他戴著皮質手套的大拇指輕輕碾過溫昭的唇,沉聲道:“我尊敬的王子殿下,你是否太過天真,以為我真的不敢動你?”
第33 章 【2】尾巴露出來了
方才還無比囂張的王子殿下頓時被嚇得說不出話來,他惶恐地望著威爾的眼睛,垂在身側的手不自覺捏緊了。
賽勒斯將手放在腰間的劍柄上,上前一步:“威爾元帥,請您放開殿下。”
威爾斜睨了眼賽勒斯,玩味道:“金色豎瞳?”
溫昭和賽勒斯都不明白威爾關注的點為何如此不同,好在威爾最終還是收回了手。
他抬手一看,皮質手套表面都被津水染溼,顏色深了個度。
這手套不能再用了。
威爾想。
方才也只不過是嚇嚇溫昭,沒想到這個王子殿下脾氣大,膽子倒是挺小。
找麻煩失敗的王子殿下一時有些尷尬,他撇嘴,臉頰都因生氣而微微鼓起。
威爾沒管溫昭怎麼想,直接轉身,就要踏上來接他的馬車。
溫昭氣焰一時又上來了:“你回來!我準你走了嗎?!”
威爾不鹹不淡地回望了溫昭一眼,依舊上了馬車。
在馬車駛離玫瑰園後,溫昭才放下了方才的一番作態。
系統提示他的惡毒值又增加了十點。
賽勒斯是他在這個世界繫結的惡毒值刷取物件,工作列中現如今就一條任務:在賽勒斯面前展示他的惡劣性格——惡毒值+80
是一個長期任務,沒有具體提示,與上個任務世界的任務相比難度增加了,溫昭於是只能怎麼任性怎麼來。
只是...威爾方才的那句話,是什麼意思?
溫昭有些在意,他只知道劇情大概走向,很多細節的東西還需要他自己去摸索。
他真真切切看見了威爾瞳色的改變,方才威爾也提到了賽勒斯的眼睛。
這之中,是有什麼關聯麼?
想不出來,溫昭索性不想了,插著手要賽勒斯抱自己回宮殿臥室。
賽勒斯於是俯身,將尊貴的王子殿下攬進懷中。
*
溫昭吃完午飯後便又困了,打了個哈欠,直接往被窩中縮。
按往常他早晨起床都是要賴一下床的,今早不僅沒賴成床,還比以前早起了不少。
這無疑打破了他的生物鐘,所以他現在才會這麼困。
不過這個午覺睡得也不是很安穩,迷迷煳煳中溫昭只覺得渾身發熱,甚至有些喘不上氣來。
守在溫昭床邊的賽勒斯則沒睡,只是反反覆復擦拭著從劍鞘中拔出的劍。
這把劍,也是王子殿下賜予他的。
就在他的騎士授勳儀式上,他永遠都不會忘。
那天,他穿著妥帖的軍禮服,單膝跪在王子殿下面前,目光始終注視著他的殿下。
王子殿下從侍從手中拿起這把佩劍,口中念出授勳詞,那劍刃便輕輕落在賽勒斯右肩。
隨後,王子殿下俯身,為他佩戴上紫水晶胸針,用只有他們兩個人能聽見的聲音說道:“賽勒斯,從今以後,你便是我的專屬騎士。
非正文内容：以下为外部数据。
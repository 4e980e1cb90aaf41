//! The variables of a list while a script changes them.
ghost use Rattle.std.specs.Prelude.{◌≡◌, [], map, true, None, OnOk, OnErr, IfOk};
ghost use Rattle.std.specs.Option.{option_copied};
ghost use Rattle.envimage.specs.Data.{IsVariable, data_fault, pairs_of};
ghost use Rattle.envimage.specs.Entries.{pair_at};
ghost use Rattle.envtools.specs.Environment.{IsEnvironment, env_of, value_of, dropped, put, assigned, has_value, changed_to, is_name, is_value};
ghost use Rattle.envtools.specs.Drafting.{place_of, held, IsMoved, IsDraft};

use crate::list::VariableList;
use envimage::entries;
use std::alloc::{AllocError, Global};
use std::collections::BTreeMap;
use std::marker::Model;

/// The place of each name's variable among the written ones. A deleted name has none. Names are found by comparing them, so
/// no choice of names makes that slow.
type Places<'a> = BTreeMap<&'a [u8], Option<usize>>;

/// The variables of a list while a script makes many changes. No name and no value is copied. Each change takes time for its
/// own name and value, and to find the name: a variable that moves is written again after the others, and `places` says
/// which one holds.
#[derive(Drop)]
pub(crate) struct Draft<'a> {
    written: Vec<(&'a [u8], &'a [u8])>,
    places: Places<'a>,
}

impl<'a> Model for Draft<'a> {
    ghost use Rattle.std.specs.Prelude.{List, ℕ, map};

    ghost Value = { List (List ℕ × List ℕ) };

    ghost use Rattle.envimage.specs.Entries.{pair_at};
    ghost use Rattle.envtools.specs.Drafting.{place_of, held, IsDraft};

    ghost view = { λ d. held (place_of d.places.entries) 0 (map pair_at d.written.items) };

    ghost invariant = { λ d. IsDraft (place_of d.places.entries)
        (map pair_at d.written.items) };
}

impl<'a> Draft<'a> {
    /// A draft without variables. Takes no memory.
    fn new(alloc: Global) -> Self
        ensures { result ≡ [] }
    {
        Draft {
            written: Vec::new(alloc),
            places: BTreeMap::new(alloc),
        }
    }

    /// A draft of a list's variables. Errors: memory ran out.
    pub(crate) fn of(alloc: Global, list: &VariableList<'a>) -> Result<Self, AllocError>
        ensures { IfOk result (λ draft. draft ≡ list.now) }
    {
        let mut draft = Draft::new(alloc);
        for at in 0..list.len() {
            let (name, value) = list.pair(at).unwrap();
            draft.put(name, value)?;
        }
        Ok(draft)
    }

    /// A draft of the variables of data without a fault: each name once, in its first place, with its
    /// last value. Errors: memory ran out.
    pub(crate) fn of_data(alloc: Global, body: &'a [u8]) -> Result<Self, AllocError>
        requires { data_fault body.now ≡ None }
        ensures { IfOk result (λ draft. draft ≡ env_of (pairs_of body.now)) }
    {
        let mut draft = Draft::new(alloc);
        for (name, value) in entries(body) {
            draft.assign(name, value)?;
        }
        Ok(draft)
    }

    /// The value of a variable.
    pub(crate) fn get(&self, name: &[u8]) -> Option<&[u8]>
        ensures { option_copied result ≡ value_of self.now name.now }
    {
        let place = place_of(&self.places, name)?;
        let (_, value) = self.written.get(place)?;
        Some(*value)
    }

    /// Whether the name has this value.
    fn has_value(&self, name: &[u8], value: &[u8]) -> bool
        ensures { result ≡ has_value self.now name.now value.now }
    {
        match self.get(name) {
            None => false,
            Some(present) => present == value,
        }
    }

    /// Removes a variable. An error changes nothing.
    fn remove(&mut self, name: &'a [u8]) -> Result<(), AllocError>
        ensures ok { OnOk result (self.new ≡ dropped self.old name.now) }
        ensures err { OnErr result (self.new ≡ self.old) }
    {
        move_to(&mut self.places, name, None)?;
        Ok(())
    }

    /// Gives a name a value. The variable goes last. An error changes nothing.
    fn put(&mut self, name: &'a [u8], value: &'a [u8]) -> Result<(), AllocError>
        requires { IsVariable (name.now, value.now) }
        ensures ok { OnOk result (self.new ≡ put self.old name.now value.now) }
        ensures err { OnErr result (self.new ≡ self.old) }
    {
        self.written.reserve(1)?;
        let last = self.written.len();
        move_to(&mut self.places, name, Some(last))?;
        self.written.push((name, value)).unwrap();
        Ok(())
    }

    /// Gives a name a value. A name that is set keeps its place. An error changes nothing.
    fn assign(&mut self, name: &'a [u8], value: &'a [u8]) -> Result<(), AllocError>
        requires { IsVariable (name.now, value.now) }
        ensures ok { OnOk result (self.new ≡ assigned self.old name.now value.now) }
        ensures err { OnErr result (self.new ≡ self.old) }
    {
        let Some(place) = place_of(&self.places, name) else {
            return self.put(name, value);
        };
        self.written[place] = (name, value);
        Ok(())
    }

    /// Gives a name a value: an empty one deletes, the one that it has changes nothing, and with
    /// any other the variable goes last. An error changes nothing.
    pub(crate) fn change(&mut self, name: &'a [u8], value: &'a [u8]) -> Result<(), AllocError>
        requires name { is_name name.now ≡ true }
        requires value { is_value value.now ≡ true }
        ensures ok { OnOk result (self.new ≡ changed_to self.old name.now value.now) }
        ensures err { OnErr result (self.new ≡ self.old) }
    {
        if value.is_empty() {
            return self.remove(name);
        }
        if self.has_value(name, value) {
            return Ok(());
        }
        self.put(name, value)
    }

    /// The variables that hold, in order. Errors: memory ran out.
    pub(crate) fn pairs(&self, alloc: Global) -> Result<Vec<(&'a [u8], &'a [u8])>, AllocError>
        ensures pairs { IfOk result (λ pairs. map pair_at pairs.items ≡ self.now) }
        ensures valid { IfOk result (λ pairs. IsEnvironment (map pair_at pairs.items)) }
    {
        held(alloc, &self.written, &self.places)
    }
}

/// The place of a name's variable, or `None` if the name has none.
fn place_of(places: &Places<'_>, name: &[u8]) -> Option<usize>
    ensures { result ≡ place_of places.now.entries name.now }
{
    match places.get(name) {
        None => None,
        Some(place) => *place,
    }
}

/// Gives a name a place. An error changes nothing.
fn move_to<'a>(
    places: &mut Places<'a>,
    name: &'a [u8],
    place: Option<usize>,
) -> Result<(), AllocError>
    ensures ok { OnOk result (IsMoved (place_of places.old.entries) name.now place
        (place_of places.new.entries)) }
    ensures err { OnErr result (places.new.entries ≡ places.old.entries) }
{
    places.insert(name, place)?;
    Ok(())
}

/// The written variables that hold, in order. Errors: memory ran out.
fn held<'a>(
    alloc: Global,
    written: &[(&'a [u8], &'a [u8])],
    places: &Places<'a>,
) -> Result<Vec<(&'a [u8], &'a [u8])>, AllocError>
    ensures { IfOk result (λ pairs. map pair_at pairs.items
        ≡ held (place_of places.now.entries) 0 (map pair_at written.now)) }
{
    let mut pairs = Vec::new(alloc);
    for (at, pair) in written.iter().enumerate() {
        if place_of(places, pair.0) == Some(at) {
            pairs.push(*pair)?;
        }
    }
    Ok(pairs)
}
”
這胸針所佩戴的位置,離心臟那樣近。
賽勒斯從來沒想過,他這樣擁有卑劣血脈的人,也會成為騎士。
可是溫昭給了他這樣一個機會。
即便溫昭在外界傳言中,是個性格頑劣的王子。
可在他眼中,溫昭只是他的殿下,他需要守護的殿下。
賽勒斯早就將騎士宣言爛熟於心:謙恭,正直,憐憫......我發誓善待弱者......我發誓將對所愛至死不渝。
如果可以,他永遠都會是殿下最鋒利的劍。
突然間,溫昭的哽咽扯回了賽勒斯的思緒。
那聲音悶悶的,聽起來溫昭很難受。